- **EXERCISE**: Locate, in the data below, the line that contains "use byte_streams::MemoryOut;" and the line that contains "this user has"; reproduce exactly those two lines and every line between them, nothing more.

################

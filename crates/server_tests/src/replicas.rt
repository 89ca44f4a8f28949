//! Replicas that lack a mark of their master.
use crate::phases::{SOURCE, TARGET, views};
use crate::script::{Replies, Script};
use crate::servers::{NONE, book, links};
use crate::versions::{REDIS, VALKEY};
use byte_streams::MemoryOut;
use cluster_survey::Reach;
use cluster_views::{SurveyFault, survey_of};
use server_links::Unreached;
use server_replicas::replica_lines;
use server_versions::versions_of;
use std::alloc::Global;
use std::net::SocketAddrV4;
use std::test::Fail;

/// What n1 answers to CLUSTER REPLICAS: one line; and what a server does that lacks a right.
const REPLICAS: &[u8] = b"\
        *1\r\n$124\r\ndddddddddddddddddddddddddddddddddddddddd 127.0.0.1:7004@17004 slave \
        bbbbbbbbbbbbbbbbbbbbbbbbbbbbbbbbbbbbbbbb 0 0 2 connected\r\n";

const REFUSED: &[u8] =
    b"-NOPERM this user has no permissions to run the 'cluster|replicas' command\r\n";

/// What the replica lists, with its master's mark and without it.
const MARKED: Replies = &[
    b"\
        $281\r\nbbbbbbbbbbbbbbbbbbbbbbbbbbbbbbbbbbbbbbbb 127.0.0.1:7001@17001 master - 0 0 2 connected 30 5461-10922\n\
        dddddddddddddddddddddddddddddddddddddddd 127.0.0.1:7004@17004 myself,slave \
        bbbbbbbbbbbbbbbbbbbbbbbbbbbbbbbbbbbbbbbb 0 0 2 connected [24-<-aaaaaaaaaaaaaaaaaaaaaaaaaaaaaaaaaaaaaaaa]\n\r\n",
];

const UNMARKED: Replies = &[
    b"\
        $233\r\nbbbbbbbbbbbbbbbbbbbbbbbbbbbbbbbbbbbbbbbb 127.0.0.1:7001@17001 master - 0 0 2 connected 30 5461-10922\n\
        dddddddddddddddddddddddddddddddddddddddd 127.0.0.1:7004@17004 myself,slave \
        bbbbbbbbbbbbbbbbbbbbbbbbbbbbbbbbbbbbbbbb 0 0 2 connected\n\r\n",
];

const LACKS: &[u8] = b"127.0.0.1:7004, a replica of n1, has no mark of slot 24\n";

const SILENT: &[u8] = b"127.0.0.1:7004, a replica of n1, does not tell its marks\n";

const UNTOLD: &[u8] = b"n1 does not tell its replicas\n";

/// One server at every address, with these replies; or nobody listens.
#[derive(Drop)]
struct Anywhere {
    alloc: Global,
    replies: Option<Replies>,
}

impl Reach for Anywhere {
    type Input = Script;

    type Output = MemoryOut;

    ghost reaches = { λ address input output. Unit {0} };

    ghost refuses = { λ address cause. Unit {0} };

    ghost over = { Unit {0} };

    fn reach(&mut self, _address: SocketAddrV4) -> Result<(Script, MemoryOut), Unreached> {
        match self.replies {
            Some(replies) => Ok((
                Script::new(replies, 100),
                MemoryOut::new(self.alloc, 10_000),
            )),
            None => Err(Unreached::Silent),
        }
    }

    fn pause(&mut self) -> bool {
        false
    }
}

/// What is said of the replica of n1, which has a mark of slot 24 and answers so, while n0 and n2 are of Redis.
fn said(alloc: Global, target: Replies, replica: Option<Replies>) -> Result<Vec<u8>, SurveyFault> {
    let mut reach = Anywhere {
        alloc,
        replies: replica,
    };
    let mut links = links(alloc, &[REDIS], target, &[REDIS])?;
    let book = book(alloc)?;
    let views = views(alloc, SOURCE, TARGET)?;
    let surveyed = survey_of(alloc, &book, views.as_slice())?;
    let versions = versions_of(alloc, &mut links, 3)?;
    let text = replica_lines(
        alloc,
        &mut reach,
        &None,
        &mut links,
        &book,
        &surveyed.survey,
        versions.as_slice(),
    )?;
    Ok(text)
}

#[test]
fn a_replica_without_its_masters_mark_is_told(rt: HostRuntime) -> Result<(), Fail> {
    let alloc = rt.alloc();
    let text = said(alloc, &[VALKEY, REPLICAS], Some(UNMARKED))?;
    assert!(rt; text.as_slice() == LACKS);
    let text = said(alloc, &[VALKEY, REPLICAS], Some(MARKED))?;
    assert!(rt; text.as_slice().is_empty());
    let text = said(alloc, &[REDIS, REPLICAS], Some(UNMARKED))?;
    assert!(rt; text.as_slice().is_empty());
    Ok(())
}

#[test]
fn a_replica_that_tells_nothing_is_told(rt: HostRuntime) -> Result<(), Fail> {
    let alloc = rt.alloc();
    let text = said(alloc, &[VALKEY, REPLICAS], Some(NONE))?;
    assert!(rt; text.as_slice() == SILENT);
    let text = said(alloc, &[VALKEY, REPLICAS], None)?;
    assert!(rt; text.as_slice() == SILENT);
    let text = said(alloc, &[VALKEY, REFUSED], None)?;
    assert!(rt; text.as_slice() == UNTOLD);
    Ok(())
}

################

- **SOLUTION FOR THIS TASK**:
use byte_streams::MemoryOut;
use cluster_survey::Reach;
use cluster_views::{SurveyFault, survey_of};
use server_links::Unreached;
use server_replicas::replica_lines;
use server_versions::versions_of;
use std::alloc::Global;
use std::net::SocketAddrV4;
use std::test::Fail;

/// What n1 answers to CLUSTER REPLICAS: one line; and what a server does that lacks a right.
const REPLICAS: &[u8] = b"\
        *1\r\n$124\r\ndddddddddddddddddddddddddddddddddddddddd 127.0.0.1:7004@17004 slave \
        bbbbbbbbbbbbbbbbbbbbbbbbbbbbbbbbbbbbbbbb 0 0 2 connected\r\n";

const REFUSED: &[u8] =
    b"-NOPERM this user has no permissions to run the 'cluster|replicas' command\r\n";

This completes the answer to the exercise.